*** Data for the task Section Begins ***
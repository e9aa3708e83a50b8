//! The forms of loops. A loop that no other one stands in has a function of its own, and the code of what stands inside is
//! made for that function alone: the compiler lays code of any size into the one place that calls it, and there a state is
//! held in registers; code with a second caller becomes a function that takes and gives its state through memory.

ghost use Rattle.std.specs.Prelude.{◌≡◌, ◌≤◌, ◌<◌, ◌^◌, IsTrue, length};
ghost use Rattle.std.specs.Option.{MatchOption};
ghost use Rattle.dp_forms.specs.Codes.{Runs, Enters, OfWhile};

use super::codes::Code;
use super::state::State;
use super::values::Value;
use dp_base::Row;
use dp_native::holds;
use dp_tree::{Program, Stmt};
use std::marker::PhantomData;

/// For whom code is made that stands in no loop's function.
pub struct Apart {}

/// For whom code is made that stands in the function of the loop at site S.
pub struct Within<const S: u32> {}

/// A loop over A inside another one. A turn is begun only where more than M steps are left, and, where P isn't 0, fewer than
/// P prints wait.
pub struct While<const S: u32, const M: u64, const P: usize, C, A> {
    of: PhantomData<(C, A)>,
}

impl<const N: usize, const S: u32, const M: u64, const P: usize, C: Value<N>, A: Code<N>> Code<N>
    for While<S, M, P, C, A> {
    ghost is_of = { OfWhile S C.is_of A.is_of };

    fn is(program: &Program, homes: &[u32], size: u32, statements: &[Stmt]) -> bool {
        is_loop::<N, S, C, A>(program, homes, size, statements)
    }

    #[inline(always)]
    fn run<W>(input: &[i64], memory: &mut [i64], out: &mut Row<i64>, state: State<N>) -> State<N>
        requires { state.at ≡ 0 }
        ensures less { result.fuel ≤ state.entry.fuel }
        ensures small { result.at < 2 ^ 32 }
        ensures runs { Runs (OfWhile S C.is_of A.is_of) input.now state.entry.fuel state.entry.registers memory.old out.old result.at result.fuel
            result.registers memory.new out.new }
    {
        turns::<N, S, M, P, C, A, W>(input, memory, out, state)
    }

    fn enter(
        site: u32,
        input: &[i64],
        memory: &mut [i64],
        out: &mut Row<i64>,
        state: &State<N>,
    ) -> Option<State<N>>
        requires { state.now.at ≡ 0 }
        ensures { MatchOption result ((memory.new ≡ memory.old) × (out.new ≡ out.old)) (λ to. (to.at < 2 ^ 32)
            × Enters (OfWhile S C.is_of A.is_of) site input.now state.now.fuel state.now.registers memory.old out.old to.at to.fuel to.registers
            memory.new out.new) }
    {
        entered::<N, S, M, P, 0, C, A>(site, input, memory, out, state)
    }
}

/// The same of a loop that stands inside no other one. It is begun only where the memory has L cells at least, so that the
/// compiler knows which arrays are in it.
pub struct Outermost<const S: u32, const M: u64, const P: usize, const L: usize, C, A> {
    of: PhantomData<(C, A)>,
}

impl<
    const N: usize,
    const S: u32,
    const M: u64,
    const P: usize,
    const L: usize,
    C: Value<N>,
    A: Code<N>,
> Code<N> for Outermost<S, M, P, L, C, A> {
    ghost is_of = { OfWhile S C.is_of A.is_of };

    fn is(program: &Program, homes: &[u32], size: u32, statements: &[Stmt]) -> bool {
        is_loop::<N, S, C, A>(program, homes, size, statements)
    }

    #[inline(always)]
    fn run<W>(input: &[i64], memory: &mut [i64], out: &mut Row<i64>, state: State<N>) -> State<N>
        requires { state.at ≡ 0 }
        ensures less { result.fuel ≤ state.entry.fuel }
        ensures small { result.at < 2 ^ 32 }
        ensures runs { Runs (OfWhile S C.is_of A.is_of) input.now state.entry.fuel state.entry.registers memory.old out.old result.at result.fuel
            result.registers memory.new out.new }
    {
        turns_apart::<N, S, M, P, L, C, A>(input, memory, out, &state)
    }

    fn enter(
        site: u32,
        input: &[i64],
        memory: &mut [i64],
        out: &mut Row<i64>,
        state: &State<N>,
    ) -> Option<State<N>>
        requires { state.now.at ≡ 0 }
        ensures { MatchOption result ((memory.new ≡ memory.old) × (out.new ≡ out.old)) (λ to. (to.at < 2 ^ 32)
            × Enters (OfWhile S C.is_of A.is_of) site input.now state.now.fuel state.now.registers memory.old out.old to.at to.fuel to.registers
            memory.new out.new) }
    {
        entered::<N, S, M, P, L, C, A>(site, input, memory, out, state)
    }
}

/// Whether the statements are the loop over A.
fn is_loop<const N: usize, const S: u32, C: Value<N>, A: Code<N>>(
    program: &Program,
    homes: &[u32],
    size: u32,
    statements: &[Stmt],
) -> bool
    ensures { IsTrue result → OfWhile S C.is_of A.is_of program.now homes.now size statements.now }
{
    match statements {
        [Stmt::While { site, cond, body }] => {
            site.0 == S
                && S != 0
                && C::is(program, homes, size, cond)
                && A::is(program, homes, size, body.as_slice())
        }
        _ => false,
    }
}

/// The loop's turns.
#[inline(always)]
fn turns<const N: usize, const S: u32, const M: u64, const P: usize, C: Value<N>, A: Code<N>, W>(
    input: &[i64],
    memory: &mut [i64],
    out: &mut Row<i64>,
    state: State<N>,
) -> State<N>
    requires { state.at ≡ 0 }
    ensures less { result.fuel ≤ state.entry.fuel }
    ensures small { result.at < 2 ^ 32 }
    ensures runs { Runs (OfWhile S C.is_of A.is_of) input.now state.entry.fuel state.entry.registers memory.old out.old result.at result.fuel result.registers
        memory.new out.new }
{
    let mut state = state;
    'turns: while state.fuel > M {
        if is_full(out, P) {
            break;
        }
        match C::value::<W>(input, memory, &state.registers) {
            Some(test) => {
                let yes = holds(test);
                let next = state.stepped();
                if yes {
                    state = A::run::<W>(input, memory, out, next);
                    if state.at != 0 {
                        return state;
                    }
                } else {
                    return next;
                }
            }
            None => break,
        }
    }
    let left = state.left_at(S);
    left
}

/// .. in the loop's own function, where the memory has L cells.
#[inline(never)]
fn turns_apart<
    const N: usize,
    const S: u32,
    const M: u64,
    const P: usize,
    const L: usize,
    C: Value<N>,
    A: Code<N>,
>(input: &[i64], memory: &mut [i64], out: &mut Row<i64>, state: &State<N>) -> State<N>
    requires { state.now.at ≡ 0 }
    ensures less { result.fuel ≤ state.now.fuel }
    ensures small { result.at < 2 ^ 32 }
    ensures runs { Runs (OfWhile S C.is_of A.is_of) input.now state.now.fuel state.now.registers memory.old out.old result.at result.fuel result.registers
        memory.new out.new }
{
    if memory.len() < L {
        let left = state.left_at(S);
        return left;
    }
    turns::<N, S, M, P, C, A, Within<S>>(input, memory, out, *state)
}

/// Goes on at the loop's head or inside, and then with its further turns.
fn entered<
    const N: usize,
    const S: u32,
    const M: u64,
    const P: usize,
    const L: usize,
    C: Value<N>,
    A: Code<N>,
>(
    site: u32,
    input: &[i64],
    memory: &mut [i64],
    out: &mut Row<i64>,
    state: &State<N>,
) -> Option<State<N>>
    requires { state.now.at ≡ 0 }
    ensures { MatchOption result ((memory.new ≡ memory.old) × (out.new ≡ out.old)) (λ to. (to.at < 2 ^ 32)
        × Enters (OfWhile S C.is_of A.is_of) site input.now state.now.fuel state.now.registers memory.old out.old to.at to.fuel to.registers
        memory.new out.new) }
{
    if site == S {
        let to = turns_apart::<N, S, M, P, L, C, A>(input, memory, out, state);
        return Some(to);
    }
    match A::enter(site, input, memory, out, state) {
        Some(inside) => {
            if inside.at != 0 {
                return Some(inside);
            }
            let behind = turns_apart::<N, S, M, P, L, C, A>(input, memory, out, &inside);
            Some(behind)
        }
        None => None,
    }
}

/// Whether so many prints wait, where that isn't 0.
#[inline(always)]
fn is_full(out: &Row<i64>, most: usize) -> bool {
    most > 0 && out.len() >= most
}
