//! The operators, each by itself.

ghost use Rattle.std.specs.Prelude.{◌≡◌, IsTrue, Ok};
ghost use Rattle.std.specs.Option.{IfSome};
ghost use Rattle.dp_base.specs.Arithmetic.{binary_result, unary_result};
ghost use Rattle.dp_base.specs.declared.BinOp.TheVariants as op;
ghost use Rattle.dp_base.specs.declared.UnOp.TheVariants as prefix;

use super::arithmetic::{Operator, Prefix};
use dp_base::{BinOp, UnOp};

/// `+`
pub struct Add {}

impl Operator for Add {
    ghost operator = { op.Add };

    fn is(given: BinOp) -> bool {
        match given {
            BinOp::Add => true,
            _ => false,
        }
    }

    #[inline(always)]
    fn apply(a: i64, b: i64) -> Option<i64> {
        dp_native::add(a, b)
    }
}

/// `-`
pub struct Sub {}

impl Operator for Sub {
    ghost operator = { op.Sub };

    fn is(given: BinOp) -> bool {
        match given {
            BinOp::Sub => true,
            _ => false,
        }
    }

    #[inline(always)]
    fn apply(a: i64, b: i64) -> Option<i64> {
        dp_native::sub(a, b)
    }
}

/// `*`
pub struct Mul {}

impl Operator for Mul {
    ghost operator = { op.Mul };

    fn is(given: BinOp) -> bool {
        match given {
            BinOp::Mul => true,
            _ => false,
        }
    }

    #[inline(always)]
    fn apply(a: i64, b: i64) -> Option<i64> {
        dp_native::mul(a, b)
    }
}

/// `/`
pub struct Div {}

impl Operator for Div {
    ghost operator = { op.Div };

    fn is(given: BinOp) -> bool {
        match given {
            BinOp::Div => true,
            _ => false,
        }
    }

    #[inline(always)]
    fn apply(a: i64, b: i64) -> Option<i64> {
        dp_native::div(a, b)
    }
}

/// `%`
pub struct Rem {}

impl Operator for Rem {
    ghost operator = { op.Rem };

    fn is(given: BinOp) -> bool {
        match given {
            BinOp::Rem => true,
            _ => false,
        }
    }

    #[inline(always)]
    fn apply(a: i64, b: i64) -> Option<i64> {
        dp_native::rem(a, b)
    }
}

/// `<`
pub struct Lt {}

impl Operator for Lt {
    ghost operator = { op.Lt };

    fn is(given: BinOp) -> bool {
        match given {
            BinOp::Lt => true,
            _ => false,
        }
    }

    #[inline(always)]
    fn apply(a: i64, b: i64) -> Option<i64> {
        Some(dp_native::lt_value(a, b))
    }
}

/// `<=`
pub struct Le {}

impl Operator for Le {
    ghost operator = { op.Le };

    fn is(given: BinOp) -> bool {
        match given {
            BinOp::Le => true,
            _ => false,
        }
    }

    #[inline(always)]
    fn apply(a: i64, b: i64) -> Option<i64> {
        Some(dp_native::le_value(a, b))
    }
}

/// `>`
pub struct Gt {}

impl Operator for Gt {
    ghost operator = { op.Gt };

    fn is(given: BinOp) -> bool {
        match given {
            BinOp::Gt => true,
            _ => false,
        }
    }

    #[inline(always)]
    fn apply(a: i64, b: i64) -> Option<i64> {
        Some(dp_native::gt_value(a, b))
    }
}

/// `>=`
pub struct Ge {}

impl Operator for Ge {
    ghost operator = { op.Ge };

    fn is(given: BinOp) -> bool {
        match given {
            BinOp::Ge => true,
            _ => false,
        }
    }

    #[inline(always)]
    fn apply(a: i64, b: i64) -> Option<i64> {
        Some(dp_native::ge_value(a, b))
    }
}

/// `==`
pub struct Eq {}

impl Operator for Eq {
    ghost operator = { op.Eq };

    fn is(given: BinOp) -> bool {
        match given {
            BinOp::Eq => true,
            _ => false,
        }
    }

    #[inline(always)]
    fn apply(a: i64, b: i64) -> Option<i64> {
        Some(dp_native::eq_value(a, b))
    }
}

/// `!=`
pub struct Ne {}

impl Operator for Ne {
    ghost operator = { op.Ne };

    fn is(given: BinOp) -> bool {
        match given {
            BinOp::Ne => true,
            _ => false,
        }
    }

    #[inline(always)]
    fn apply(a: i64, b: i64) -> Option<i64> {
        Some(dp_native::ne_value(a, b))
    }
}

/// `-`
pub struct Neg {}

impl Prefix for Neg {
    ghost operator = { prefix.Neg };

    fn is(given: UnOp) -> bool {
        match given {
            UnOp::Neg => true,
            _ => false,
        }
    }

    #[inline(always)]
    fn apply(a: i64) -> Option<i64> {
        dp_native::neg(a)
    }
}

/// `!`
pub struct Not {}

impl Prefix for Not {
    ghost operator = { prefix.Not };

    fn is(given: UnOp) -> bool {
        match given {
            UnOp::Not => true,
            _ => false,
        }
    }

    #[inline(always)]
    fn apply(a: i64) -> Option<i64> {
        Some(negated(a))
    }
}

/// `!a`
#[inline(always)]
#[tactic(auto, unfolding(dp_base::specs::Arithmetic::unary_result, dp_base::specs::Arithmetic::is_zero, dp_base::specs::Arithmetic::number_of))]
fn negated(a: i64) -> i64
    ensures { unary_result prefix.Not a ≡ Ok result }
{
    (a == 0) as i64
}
*** Data for the task Section Ends ***
Task goal » Copy each line from the records above that includes the string "super".

Answer for this exercise »
use super::codes::Code;
use super::state::State;
use super::values::Value;
use super::arithmetic::{Operator, Prefix};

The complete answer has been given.